What's next for newly public BankMobile

BankMobile's recent debut on the New York Stock Exchange will give the digital bank more avenues to diversify beyond its core customer base of college students.

The newly publicly traded company, until recently a unit of Customers Bancorp in Wyomissing, Pa., has also been developing two other business models in recent years: selling banking as a service technology and providing bank products through employers to their staffs.

BankMobile is best known for disbursing financial aid refunds to college students on 722 campuses, which they can route to an existing bank account or to a BankMobile Vibe checking account. Through its banking-as-a-service platform, BankMobile is also behind T-Mobile’s T-Mobile Money checking account. BankMobile recently became part of a special-purpose acquisition company, or blank-check company, called Megalith Financial Acquisition Corp. On Jan. 6, BankMobile went public through a merger with Megalith and formed BM Technologies, which trades on the New York Stock Exchange.

BankMobile has sought to increase its white-label partnerships beyond T-Mobile in recent years and bolster its workplace banking program, and a public listing could help it achieve those goals.

“We’re excited for the opportunities that lie ahead as a publicly traded company,” said Luvleen Sidhu, BM Technologies' chief executive. “This gives us access to capital in ways we didn’t have before.”

Luvleen Sidhu, CEO of BM Technologies
Luvleen Sidhu, CEO of BM Technologies, hopes to raise BM's market cap up to $1 billion over the next few years, pull in a million accounts per year, and add one substantial partner per year to its white-label banking service.

Fintechs going public through blank-check companies could be part of a trend — the day after BankMobile closed its deal, Social Finance Inc., the online lender known as SoFi, announced that it would go public as part of a SPAC transaction. The ability to source capital outside venture funding could help fintechs diversify their product offerings and become more competitive with banks.

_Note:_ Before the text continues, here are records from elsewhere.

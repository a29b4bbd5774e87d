//! What a heap does of a stream that begins with a head.
ghost use Rattle.std.specs.Prelude.{◌≡◌, ◌≤◌, ◌+◌};
ghost use Rattle.rom_name.specs.Identities.{IsNamed};
ghost use Rattle.rom_name.specs.Meetings.{IsMeeting, IsOfSameHeap};
ghost use Rattle.rom_name.specs.declared.meeting.Meeting.{Meeting};

use crate::identity::{Identity, is_named};
use rom_frame::{Head, HeapName};

/// Why a stream is not followed.
#[derive(Clone, Copy, Debug, PartialEq, Eq)]
pub enum Refusal {
    /// The heap has no name, and is not one that takes the stream's.
    NoName,
    /// The stream is of the heap of this name, which is another.
    OtherName(HeapName),
    /// The stream is of this epoch, and the heap of a later one, `have`.
    OlderEpoch { epoch: u64, have: u64 },
    /// The stream is of this epoch, more than one after `have`, that of the heap. The head does not say where those
    /// between them began.
    SkippedEpoch { epoch: u64, have: u64 },
    /// The stream's epoch is the heap's next one, which began at this count; and this heap did more, up to `done`,
    /// in its own.
    Parted { since: u64, done: u64 },
    /// The stream begins behind the update of this place, which the heap lacks.
    Gap(u64),
    /// The stream has no head, and `anonymous` was not asked for.
    Nameless,
}

/// What is done of a stream.
#[derive(Clone, Copy, Debug, PartialEq, Eq)]
pub enum Meeting {
    /// It is followed.
    Follow,
    /// The heap takes this identity, and follows.
    Take(Identity),
    /// The heap takes this epoch, and follows.
    Raise { epoch: u64, since: u64 },
    Refused(Refusal),
}

// Of a stream of the same heap, and of its epoch or the next.
fn meet_epoch(own: &Identity, count: u64, head: &Head) -> Meeting
    requires heap { IsOfSameHeap own.now count head.now }
    requires epoch { own.now.epoch ≤ head.now.epoch }
    requires next { head.now.epoch ≤ own.now.epoch + 1 }
    ensures is { IsMeeting own.now count head.now result }
{
    let is_later = own.epoch < head.epoch;
    if is_later && head.since < count {
        return Meeting::Refused(Refusal::Parted {
            since: head.since,
            done: count,
        });
    }
    if count < head.first {
        return Meeting::Refused(Refusal::Gap(count));
    }
    if !is_later {
        return Meeting::Follow;
    }
    Meeting::Raise {
        epoch: head.epoch,
        since: head.since,
    }
}

// Of a heap without a name.
fn meet_unnamed(own: &Identity, count: u64, head: &Head) -> Meeting
    requires { IsNamed own.now.name → ⊥ }
    ensures is { IsMeeting own.now count head.now result }
{
    if count != 0 || head.first != 0 || !is_named(head.name) {
        return Meeting::Refused(Refusal::NoName);
    }
    Meeting::Take(Identity {
        name: head.name,
        epoch: head.epoch,
        since: head.since,
    })
}

/// What a heap of this identity and this count of updates does of the stream with this head. The first
/// refusal whose cause there is in the order in which `Refusal` has them.
pub fn meet(own: &Identity, count: u64, head: &Head) -> Meeting
    // Each answer is true of the three, and no two could be.
    ensures is { IsMeeting own.now count head.now result }
    ensures only { (other : Meeting) → IsMeeting own.now count head.now other → result ≡ other }
{
    if !is_named(own.name) {
        return meet_unnamed(own, count, head);
    }
    if own.name != head.name {
        return Meeting::Refused(Refusal::OtherName(head.name));
    }
    if head.epoch < own.epoch {
        return Meeting::Refused(Refusal::OlderEpoch {
            epoch: head.epoch,
            have: own.epoch,
        });
    }
    if 1 < head.epoch - own.epoch {
        return Meeting::Refused(Refusal::SkippedEpoch {
            epoch: head.epoch,
            have: own.epoch,
        });
    }
    meet_epoch(own, count, head)
}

Customers' divestiture of BankMobile has been in the works for years. In August, the $18.8 billion-asset Customers announced that it had agreed to sell BankMobile Technologies to Megalith, which was formed in November 2017 to buy financial services and fintech companies. (Sam Sidhu, Luvleen’s brother and the chief operating officer at Customers Bank, was Megalith Financial's CEO; Jay Sidhu, Luvleen's father, and Sam Sidhu were beneficial owners.)

Stephen Greer, senior analyst at Celent, a research and advisory firm in Boston, said it will be easier for BankMobile to raise capital as a publicly traded company than directly through investors.

He says many challenger banks funnel their resources to customer acquisition, where the costs can be high, but stall at the next step: diversifying their products. Challenger banks need customers to be profitable but need a varied set of products to become viable.

“You might have millions of customers, like many of the challengers do, but you might only be offering a debit card and spending account and trying to make money off of interchange,” Greer said. “That doesn’t leave you a lot of wiggle room to build on top of that and launch products in the consumer lending or investment space.”

In contrast, “BankMobile is a little past that in the sense it has been around for a while and its operating model is fairly mature,” he said. “Maybe this is a way for them to expand the possibilities for where they want to take the product and accessing additional capital they might not have been able to raise through traditional venture-backed sources.” Sidhu co-founded BankMobile with her father in 2014.

Sidhu declined to elaborate on how BM Technologies would use that capital to enhance its products, but she ticked off a number of goals for the upcoming year.

“Our vision for the next three to five years is that we build BM Technologies with a market cap of $500 million to $1 billion,” she said. “Our goal is to acquire a million accounts a year.”

Sidhu hopes to add one substantial partner a year to its white-label service, describing the ideal partner as a strong brand with a large customer base and a transactional relationship with its customers, where interjecting a bank account makes sense. BankMobile is also one of eight institutions that will be offering digital bank accounts in partnership with Google.

In an August interview, she pointed out that offering accounts through Google Pay could help raise BankMobile’s profile among its customers.

“For some of our students, it takes some time to even learn about BankMobile,” she said at the time. “But no doubt they have heard of Google.”

Sidhu is also focusing on BankMobile’s workplace banking division, which provides deposit accounts and credit products through companies to their employees, along with wellness-centric features including money management tools and financial coaching. This could include companies offering online payroll and human resources solutions providers, member benefits companies or any organization that wants to provide financial wellness perks.

In September, BankMobile announced its first partnership in this division, with BenefitHub, a provider of cloud-based employee and member benefit portals.

“We look forward to growing this third vertical in 2021,” Sidhu said.

She also foresees more fintechs going public, pointing to SoFi’s merger with Social Capital Hedosophia Holdings Corp. V, a blank-check company founded by former Facebook executive Chamath Palihapitiya.

“There will likely be other neobanking fintechs in the next year or two emulating the steps we’ve already taken,” Sidhu said.